§ **REQUIRED WORK**: Find the line containing "result ≡ program_answer" in the listing below. Repeat it exactly, along with each following line up to and including the one containing "sector is protected.".

(EXTRACTED MATERIAL Opens)

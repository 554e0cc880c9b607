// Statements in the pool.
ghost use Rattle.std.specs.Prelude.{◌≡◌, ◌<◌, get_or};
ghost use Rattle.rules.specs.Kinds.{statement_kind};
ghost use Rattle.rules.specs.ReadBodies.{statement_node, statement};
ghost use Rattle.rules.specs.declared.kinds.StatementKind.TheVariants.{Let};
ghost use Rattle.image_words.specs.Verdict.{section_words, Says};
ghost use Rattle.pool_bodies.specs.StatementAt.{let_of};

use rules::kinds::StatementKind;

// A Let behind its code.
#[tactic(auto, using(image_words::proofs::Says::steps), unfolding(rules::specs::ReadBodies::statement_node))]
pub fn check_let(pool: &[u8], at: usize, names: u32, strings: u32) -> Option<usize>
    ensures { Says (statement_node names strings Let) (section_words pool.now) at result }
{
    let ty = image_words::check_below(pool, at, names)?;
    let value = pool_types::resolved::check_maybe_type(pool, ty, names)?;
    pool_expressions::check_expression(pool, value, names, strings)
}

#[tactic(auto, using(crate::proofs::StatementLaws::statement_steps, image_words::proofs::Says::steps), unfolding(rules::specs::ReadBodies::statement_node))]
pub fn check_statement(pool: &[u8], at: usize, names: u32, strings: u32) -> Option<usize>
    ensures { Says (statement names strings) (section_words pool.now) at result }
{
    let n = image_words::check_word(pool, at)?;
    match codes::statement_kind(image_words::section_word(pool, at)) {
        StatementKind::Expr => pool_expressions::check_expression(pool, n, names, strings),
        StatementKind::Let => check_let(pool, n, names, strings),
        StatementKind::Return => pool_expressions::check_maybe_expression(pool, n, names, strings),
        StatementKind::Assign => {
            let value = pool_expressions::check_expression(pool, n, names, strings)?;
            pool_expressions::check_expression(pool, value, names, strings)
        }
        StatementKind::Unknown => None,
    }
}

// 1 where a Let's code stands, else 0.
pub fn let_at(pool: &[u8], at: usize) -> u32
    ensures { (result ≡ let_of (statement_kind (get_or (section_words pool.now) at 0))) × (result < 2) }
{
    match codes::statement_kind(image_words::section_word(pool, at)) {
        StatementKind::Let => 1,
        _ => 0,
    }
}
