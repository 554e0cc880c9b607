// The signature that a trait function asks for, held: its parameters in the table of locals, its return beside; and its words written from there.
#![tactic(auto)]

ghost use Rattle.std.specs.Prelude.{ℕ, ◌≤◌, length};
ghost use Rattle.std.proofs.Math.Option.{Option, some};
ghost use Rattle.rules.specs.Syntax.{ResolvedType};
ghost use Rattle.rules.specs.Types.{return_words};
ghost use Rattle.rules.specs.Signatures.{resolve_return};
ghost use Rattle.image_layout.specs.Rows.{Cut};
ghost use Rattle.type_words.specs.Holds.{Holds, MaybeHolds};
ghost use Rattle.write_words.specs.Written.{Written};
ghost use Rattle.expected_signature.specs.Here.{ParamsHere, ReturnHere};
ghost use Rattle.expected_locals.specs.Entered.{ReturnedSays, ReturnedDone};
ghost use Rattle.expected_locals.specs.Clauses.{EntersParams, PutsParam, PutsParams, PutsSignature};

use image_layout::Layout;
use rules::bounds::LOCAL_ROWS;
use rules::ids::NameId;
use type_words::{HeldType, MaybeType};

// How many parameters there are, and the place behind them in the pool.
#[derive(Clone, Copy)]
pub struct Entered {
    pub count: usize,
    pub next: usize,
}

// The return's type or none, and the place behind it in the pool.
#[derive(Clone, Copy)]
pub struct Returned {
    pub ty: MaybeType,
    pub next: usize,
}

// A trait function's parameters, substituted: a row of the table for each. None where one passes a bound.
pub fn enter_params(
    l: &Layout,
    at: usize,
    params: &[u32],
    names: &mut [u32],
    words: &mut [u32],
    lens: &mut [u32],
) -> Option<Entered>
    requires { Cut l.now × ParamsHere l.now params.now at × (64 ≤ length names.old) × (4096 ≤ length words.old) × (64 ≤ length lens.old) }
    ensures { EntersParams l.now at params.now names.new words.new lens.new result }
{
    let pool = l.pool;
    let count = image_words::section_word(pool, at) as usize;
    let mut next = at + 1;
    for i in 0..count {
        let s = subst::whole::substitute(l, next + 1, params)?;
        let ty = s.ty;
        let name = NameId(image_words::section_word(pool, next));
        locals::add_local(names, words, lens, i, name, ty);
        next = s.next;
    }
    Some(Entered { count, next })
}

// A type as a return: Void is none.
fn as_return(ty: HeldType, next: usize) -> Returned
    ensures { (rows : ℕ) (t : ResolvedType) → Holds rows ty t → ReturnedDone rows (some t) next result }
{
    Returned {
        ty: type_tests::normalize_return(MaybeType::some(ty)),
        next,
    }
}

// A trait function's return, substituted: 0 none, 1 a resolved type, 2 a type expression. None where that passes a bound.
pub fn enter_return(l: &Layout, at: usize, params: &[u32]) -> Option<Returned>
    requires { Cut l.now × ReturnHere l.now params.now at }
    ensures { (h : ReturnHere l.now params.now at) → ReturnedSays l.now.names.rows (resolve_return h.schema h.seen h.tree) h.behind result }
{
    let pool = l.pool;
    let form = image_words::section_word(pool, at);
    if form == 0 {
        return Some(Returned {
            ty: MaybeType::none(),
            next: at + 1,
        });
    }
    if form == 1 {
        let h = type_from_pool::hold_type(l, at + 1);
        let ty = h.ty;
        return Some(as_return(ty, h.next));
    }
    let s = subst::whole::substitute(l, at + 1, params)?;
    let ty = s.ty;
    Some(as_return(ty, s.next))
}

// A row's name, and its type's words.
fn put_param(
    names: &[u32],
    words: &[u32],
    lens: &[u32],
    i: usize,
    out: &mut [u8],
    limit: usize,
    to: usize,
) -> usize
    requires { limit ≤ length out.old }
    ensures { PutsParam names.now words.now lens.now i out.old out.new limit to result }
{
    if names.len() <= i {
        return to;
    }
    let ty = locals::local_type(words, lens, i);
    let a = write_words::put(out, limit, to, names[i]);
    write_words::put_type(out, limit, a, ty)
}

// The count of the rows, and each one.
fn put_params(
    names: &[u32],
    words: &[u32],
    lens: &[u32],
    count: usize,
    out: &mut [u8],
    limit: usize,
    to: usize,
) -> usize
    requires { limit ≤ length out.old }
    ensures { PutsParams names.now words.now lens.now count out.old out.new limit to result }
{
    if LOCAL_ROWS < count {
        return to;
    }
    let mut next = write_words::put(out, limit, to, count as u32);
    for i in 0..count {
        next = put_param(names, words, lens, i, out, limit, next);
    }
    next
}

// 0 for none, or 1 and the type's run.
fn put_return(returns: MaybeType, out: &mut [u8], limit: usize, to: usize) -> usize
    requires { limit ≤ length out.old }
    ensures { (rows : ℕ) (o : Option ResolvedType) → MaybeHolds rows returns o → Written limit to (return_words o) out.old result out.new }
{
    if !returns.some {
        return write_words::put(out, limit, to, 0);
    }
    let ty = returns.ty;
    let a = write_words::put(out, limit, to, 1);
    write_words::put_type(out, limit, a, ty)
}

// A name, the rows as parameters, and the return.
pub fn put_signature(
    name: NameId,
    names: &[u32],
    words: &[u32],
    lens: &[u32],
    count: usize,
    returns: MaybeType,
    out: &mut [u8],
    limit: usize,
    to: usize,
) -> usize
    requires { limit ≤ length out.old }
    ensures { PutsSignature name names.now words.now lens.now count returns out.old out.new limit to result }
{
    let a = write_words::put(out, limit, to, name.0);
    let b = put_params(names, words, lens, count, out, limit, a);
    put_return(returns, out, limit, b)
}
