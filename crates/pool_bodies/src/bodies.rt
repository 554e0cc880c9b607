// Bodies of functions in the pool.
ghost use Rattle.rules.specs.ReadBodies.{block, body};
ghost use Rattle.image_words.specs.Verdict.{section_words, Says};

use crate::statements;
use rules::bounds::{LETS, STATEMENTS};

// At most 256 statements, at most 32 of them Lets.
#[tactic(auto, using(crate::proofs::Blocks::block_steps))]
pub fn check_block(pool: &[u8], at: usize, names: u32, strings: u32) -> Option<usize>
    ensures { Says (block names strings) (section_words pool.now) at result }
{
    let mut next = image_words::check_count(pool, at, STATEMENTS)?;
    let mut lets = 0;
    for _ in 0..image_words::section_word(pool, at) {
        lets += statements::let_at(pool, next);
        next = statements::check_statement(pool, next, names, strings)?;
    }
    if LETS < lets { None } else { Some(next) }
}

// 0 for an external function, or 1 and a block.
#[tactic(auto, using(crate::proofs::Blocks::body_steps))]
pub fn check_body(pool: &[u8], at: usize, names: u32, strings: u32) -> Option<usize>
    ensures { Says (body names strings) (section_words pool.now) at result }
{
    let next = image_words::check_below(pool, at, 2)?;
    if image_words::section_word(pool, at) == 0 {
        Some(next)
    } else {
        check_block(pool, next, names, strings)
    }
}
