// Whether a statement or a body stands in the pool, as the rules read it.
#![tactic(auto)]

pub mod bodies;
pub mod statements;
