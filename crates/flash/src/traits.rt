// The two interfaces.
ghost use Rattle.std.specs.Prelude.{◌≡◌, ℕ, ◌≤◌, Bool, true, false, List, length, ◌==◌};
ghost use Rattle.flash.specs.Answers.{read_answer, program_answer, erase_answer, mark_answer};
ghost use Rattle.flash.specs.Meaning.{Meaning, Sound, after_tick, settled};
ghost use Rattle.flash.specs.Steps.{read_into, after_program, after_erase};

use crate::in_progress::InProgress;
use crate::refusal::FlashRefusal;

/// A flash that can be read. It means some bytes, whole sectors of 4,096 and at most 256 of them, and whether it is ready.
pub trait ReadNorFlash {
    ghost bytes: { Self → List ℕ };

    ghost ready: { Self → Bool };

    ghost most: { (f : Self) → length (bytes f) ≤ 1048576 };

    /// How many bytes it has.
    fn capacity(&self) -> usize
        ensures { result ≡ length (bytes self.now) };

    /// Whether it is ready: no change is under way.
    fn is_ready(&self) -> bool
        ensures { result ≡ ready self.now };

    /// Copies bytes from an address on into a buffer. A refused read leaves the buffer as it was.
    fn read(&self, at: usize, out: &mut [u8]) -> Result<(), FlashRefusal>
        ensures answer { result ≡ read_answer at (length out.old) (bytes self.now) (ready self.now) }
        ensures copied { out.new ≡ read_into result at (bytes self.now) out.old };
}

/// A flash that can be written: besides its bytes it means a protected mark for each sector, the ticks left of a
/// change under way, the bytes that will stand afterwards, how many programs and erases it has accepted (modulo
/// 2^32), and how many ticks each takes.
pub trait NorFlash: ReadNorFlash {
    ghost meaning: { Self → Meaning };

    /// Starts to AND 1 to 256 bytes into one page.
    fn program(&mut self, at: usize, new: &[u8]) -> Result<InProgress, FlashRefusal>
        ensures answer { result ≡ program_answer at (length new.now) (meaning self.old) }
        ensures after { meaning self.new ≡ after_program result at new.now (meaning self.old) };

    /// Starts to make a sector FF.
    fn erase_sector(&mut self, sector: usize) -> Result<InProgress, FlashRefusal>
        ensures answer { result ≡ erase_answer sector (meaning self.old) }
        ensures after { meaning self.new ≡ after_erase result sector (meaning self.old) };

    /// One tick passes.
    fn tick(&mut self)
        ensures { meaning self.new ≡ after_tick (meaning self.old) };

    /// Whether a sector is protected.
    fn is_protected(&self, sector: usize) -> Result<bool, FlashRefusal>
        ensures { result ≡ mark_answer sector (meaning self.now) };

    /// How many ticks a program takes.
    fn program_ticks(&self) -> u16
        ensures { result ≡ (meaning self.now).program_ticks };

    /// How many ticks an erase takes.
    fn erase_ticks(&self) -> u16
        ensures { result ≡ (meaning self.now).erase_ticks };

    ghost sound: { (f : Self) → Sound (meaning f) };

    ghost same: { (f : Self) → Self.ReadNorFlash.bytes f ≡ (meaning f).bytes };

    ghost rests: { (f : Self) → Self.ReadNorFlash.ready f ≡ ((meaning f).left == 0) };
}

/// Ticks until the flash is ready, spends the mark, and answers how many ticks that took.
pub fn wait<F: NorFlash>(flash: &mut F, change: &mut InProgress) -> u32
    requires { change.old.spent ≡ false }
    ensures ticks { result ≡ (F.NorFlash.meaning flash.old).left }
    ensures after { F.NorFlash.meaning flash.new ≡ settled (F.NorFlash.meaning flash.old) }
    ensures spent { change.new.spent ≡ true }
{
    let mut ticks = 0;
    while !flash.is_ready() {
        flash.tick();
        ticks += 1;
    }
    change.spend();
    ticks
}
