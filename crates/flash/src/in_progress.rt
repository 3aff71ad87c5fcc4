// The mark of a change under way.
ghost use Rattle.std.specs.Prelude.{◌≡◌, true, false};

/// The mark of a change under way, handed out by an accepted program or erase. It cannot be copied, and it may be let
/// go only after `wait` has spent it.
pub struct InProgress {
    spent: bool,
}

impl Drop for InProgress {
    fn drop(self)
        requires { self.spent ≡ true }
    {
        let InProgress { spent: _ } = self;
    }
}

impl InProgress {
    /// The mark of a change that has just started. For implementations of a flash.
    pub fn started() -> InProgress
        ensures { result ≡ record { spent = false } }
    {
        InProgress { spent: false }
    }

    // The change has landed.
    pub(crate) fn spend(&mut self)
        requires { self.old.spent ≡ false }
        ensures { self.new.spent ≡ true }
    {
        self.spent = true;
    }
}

(EXTRACTED MATERIAL Closes)

§ **ANSWER BOX**:
        ensures answer { result ≡ program_answer at (length new.now) (meaning self.old) }
        ensures after { meaning self.new ≡ after_program result at new.now (meaning self.old) };

    /// Starts to make a sector FF.
    fn erase_sector(&mut self, sector: usize) -> Result<InProgress, FlashRefusal>
        ensures answer { result ≡ erase_answer sector (meaning self.old) }
        ensures after { meaning self.new ≡ after_erase result sector (meaning self.old) };

    /// One tick passes.
    fn tick(&mut self)
        ensures { meaning self.new ≡ after_tick (meaning self.old) };

    /// Whether a sector is protected.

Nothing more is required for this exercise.